Alice Crary On Her Newest Book, Inside Ethics
Marianne LeNabat sat down earlier this year with Alice Crary, Chair of Philosophy and Founding Co-director of the Graduate Certificate in Gender and Sexuality Studies, to talk about her most recent book, Inside Ethics: On the Demands of Moral Thought, the role of ethics in philosophy, and what philosophy is for.
The transcript has been edited for length and clarity.
Marianne LeNabat: What is the focus of your work? What kinds of topics do you address?
Alice Crary: The straightforward answer is that I work in ethics.
Ethics as I understand it isn’t a specialized sub-discipline within philosophy, but emerges out of an engagement with many areas. Sometimes philosophers itemize sub-disciplines in philosophy: ethics as opposed to philosophy of mind, metaphysics, epistemology, philosophy of language, etc. I don’t find it useful to compartmentalize my work like that. I approach issues in ethics by working in those areas and others as well, including social and political philosophy.

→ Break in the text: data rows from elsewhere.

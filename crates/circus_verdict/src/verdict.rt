// What is said of a record.
ghost use Rattle.std.specs.Prelude.{IfOk};
ghost use Rattle.circus_config.specs.Program.{IsPlan};
ghost use Rattle.circus_plan_modules.specs.Loaded.{behaviours_in};
ghost use Rattle.circus_audit.specs.Possible.{IsPossible};
ghost use Rattle.circus_verdict.specs.Verdict.{IsVerdict};

use crate::node::audit_node;
use circus_audit::Given;
use circus_config::Plan;
use circus_plan_modules::{Loaded, load};
use circus_value::NoMemory;
use std::alloc::Global;

/// What is said of a record of a node.
#[derive(Clone, Copy, Debug, PartialEq, Eq, Drop)]
pub enum Verdict {
    /// It is a run of the node, and what its member performed are runs of the program when nothing is replicated.
    Yes,
    /// It is no run of the node.
    NotARun,
    /// It is a run of the node, but not all that its member performed is the program's. This is the number from which the member
    /// began, where the program has fewer runs or another state behind them, else that of its first wrong run.
    Run(u32),
}

/// Whether a record that may stand in a text of the program is a true one (docs/FORMATS.md, "Audits"). It takes time in
/// proportion to the record and to the history of the program. `NoMemory` is the one fault; the plan is gone then.
pub fn audit(alloc: Global, given: &Given, plan: Plan) -> Result<Verdict, NoMemory>
    requires plan { IsPlan plan }
    requires possible { IsPossible plan given.now }
    ensures { IfOk result (IsVerdict plan.deployment (behaviours_in plan) given.now) }
{
    let Loaded {
        deployment,
        names: _,
        interfaces: _,
        modules,
    } = load(alloc, plan)?;
    audit_node(alloc, given, &deployment, modules.as_slice())
}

ML: Are there ethical issues in particular that you work on?
AC:In my most recent book, Inside Ethics, I focus on the value of humanity, and the value of being an animal, taking up issues in animal studies and disability studies. The treatment of animals is one particular concern, and cognitive disability is another. I wanted to combat ways of doing moral philosophy that neglected those cases in ways that seemed just seemed awful.

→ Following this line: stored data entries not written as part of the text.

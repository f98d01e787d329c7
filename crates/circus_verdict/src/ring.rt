// A record of the Ringmaster's node, which lives through its events as the definitions say of it.
ghost use Rattle.std.specs.Prelude.{◌≡◌, ◌<◌, [], ◌∷◌, ◌++◌, length, All, None, Some, List, IfOk, OnOk, IfSome};
ghost use Rattle.std.specs.Bool.{Decides};
ghost use Rattle.std.specs.List.{flat_map};
ghost use Rattle.circus_collate.specs.Deployment.{IsDeployment};
ghost use Rattle.circus_model.specs.Behaviour.{Behaviour};
ghost use Rattle.circus_wire.specs.declared.delivery.Heard.TheVariants.{Called};
ghost use Rattle.circus_node.specs.Accepting as accepting;
ghost use Rattle.circus_node.specs.Seen.Kept.{IsRingOf};
ghost use Rattle.circus_world.specs.Legal as legal;
ghost use Rattle.circus_headline_theory.specs.RingRun.{request_heard, answer_to};
ghost use Rattle.circus_audit.specs.declared.given.GivenEvent.{GivenEvent as Told};
ghost use Rattle.circus_verdict.specs.Audited.{JoinsSo};
ghost use Rattle.circus_verdict.specs.Verdict.{IsVerdict};
ghost use Rattle.circus_verdict.specs.Seen.Living.{HasCome};
ghost use Rattle.circus_verdict.specs.Seen.Ringing.{IsReady, LivesThrough, kept_then};

use crate::Verdict;
use crate::same::Same;
use crate::station::{Came, Pairs};
use crate::telling::{awaited_behind, is_told};
use circus_audit::{Given, GivenEvent};
use circus_collate::{Deployment, Views};
use circus_member_rules::{Effects, Purpose};
use circus_node::{Gives, accept_request, answer_request};
use circus_ring::Ring;
use circus_value::{Caller, ListOf, NoMemory, Nodes, Parts};
use circus_wire::Heard;
use std::alloc::Global;

/// The Ringmaster's node behind events of a record.
#[derive(Drop)]
pub(crate) struct Rung {
    pub pairs: Pairs,
    pub ring: Ring,
    /// The suspected nodes that are still to be declared.
    pub awaited: Nodes,
}

impl Rung {
    /// That of a node that has booted. `None` where the record doesn't say that.
    fn begin(
        alloc: Global,
        deployment: &Deployment,
        node: u16,
        boot: &GivenEvent,
    ) -> Result<Option<Self>, NoMemory>
        requires deployment { IsDeployment deployment.now }
        requires node { node < length deployment.now.nodes }
        requires boot { boot.now.event ≡ None }
        ensures ready { IfOk result (λ o. IfSome o (IsReady deployment.now node)) }
        ensures lived { IfOk result (LivesThrough deployment.now node (boot.now ∷ [])) }
    {
        let ring = Ring::new(alloc, deployment)?;
        let mut pairs = Pairs::new(alloc, deployment, node)?;
        let nothing = ListOf::new(alloc);
        let tells = is_told(boot, &mut pairs, nothing, Gives::new(alloc), &None)?;
        if !tells {
            return Ok(None);
        }
        Ok(Some(Rung {
            pairs,
            ring,
            awaited: ListOf::new(alloc),
        }))
    }

    /// Its next event. `None` where the record doesn't say what is owed for it.
    fn step(
        self,
        alloc: Global,
        deployment: &Deployment,
        node: u16,
        told: &GivenEvent,
    ) -> Result<Option<Self>, NoMemory>
        requires come { HasCome deployment.now node told.now }
        requires ready { IsReady deployment.now node self }
        ensures ready { IfOk result (λ o. IfSome o (IsReady deployment.now node)) }
        ensures lived { (events : List Told)
            → LivesThrough deployment.now node events (Some self)
            → IfOk result (LivesThrough deployment.now node (events ++ told.now ∷ [])) }
    {
        let Some(event) = &told.event else {
            unreachable!()
        };
        let Rung {
            mut pairs,
            mut ring,
            awaited,
        } = self;
        let Came {
            gives,
            suspects,
            heard,
        } = pairs.take(event)?;
        let made = answer(alloc, deployment, &mut ring, heard)?;
        let tells = is_told(told, &mut pairs, made, gives, &None)?;
        if !tells {
            return Ok(None);
        }
        let Some(awaited) = awaited_behind(alloc, awaited, event, suspects)? else {
            return Ok(None);
        };
        Ok(Some(Rung {
            pairs,
            ring,
            awaited,
        }))
    }
}

/// What is said of a record of the Ringmaster's node, of which the first event is boot.
pub(crate) fn audit_ring(
    alloc: Global,
    given: &Given,
    boot: &GivenEvent,
    later: &[GivenEvent],
    deployment: &Deployment,
) -> Result<Verdict, NoMemory>
    requires deployment { IsDeployment deployment.now }
    requires within { given.now.node < length deployment.now.nodes }
    requires none { accepting.troupe_at deployment.now given.now.node ≡ None }
    requires boot { boot.now.event ≡ None }
    requires come { All (HasCome deployment.now given.now.node) later.now }
    requires joins { JoinsSo (legal.is_spare deployment.now given.now.node) given.now.events }
    requires events { given.now.events ≡ boot.now ∷ later.now }
    ensures { (program : List Behaviour) → IfOk result
        (IsVerdict deployment.now program given.now) }
{
    let Some(begun) = Rung::begin(alloc, deployment, given.node, boot)? else {
        return Ok(Verdict::NotARun);
    };
    let Some(rung) = live(alloc, begun, later, deployment, given.node)? else {
        return Ok(Verdict::NotARun);
    };
    if !rung.awaited.is_empty() {
        return Ok(Verdict::NotARun);
    }
    if !says_views(&given.views, rung.ring.views()) {
        return Ok(Verdict::NotARun);
    }
    Ok(Verdict::Yes)
}

// One that has lived through its first event lives through the others.
fn live(
    alloc: Global,
    begun: Rung,
    later: &[GivenEvent],
    deployment: &Deployment,
    node: u16,
) -> Result<Option<Rung>, NoMemory>
    requires come { All (HasCome deployment.now node) later.now }
    requires ready { IsReady deployment.now node begun }
    ensures { (boot : Told)
        → LivesThrough deployment.now node (boot ∷ []) (Some begun)
        → IfOk result (LivesThrough deployment.now node (boot ∷ later.now)) }
{
    let mut rung = begun;
    for told in later {
        match rung.step(alloc, deployment, node, told)? {
            Some(on) => rung = on,
            None => return Ok(None),
        }
    }
    Ok(Some(rung))
}

// What the Ringmaster makes of what is heard: the answer to a request that it accepts.
fn answer(
    alloc: Global,
    deployment: &Deployment,
    ring: &mut Ring,
    heard: Heard<Purpose>,
) -> Result<Effects, NoMemory>
    requires { IsRingOf deployment.now ring.old }
    ensures kept { OnOk result (IsRingOf deployment.now ring.new) }
    ensures ring { OnOk result (ring.new ≡ kept_then ring.old (request_heard ring.old heard)) }
    ensures made { IfOk result (λ made.
        made ≡ flat_map (answer_to ring.old) (request_heard ring.old heard)) }
{
    match heard {
        Heard::Called(sender, message) => { answer_call(alloc, deployment, ring, sender, &message) }
        Heard::Dropped | Heard::Taken => Ok(ListOf::new(alloc)),
        Heard::Returned(_number, _purpose, _message) => Ok(ListOf::new(alloc)),
    }
}

// A call arrives.
fn answer_call(
    alloc: Global,
    deployment: &Deployment,
    ring: &mut Ring,
    sender: Caller,
    message: &Parts,
) -> Result<Effects, NoMemory>
    requires { IsRingOf deployment.now ring.old }
    ensures kept { OnOk result (IsRingOf deployment.now ring.new) }
    ensures ring { OnOk result
        (ring.new ≡ kept_then ring.old (request_heard ring.old (Called sender message.now))) }
    ensures made { IfOk result (λ made.
        made ≡ flat_map (answer_to ring.old) (request_heard ring.old (Called sender message.now))) }
{
    let Some(request) = accept_request(alloc, ring, message)? else {
        return Ok(ListOf::new(alloc));
    };
    answer_request(alloc, deployment, ring, sender, &request)
}

// The Ringmaster's views are told, and they are these.
fn says_views(said: &Option<Views>, views: &Views) -> bool
    ensures { Decides result (said.now ≡ Some views.now) }
{
    match said {
        Some(said) => said.is_same(views),
        None => false,
    }
}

ML: What is distinctive about the ways that you approach these issues?
AC: Throughout my writings, I argue that the world that concerns us in ethics is brought into focus by moral thought and activity. My idea is that any adequate sketch of the sphere of moral thought needs to include, in addition to specifically moral concepts, efforts to illuminate the features of the world to which these concepts are responsible.
This account of moral thought may seem farfetched, quite untenable really. It’s an account that takes it for granted that we need moral capacities like moral imagination to adequately capture features of the world that moral concepts pick out and that, at the same time, presupposes that the real world is morally non-neutral. A presupposition on these lines is alien to most work in contemporary moral philosophy. It’s at least a tacit premise of most ethical research that reality is as such morally neutral. So, to make a plausible case for my preferred account of moral thought, I have to do significant work to defend this conception of reality. This is one of the projects that leads me to grapple with topics in philosophy of mind, metaphysics, epistemology, philosophy of language, and other areas.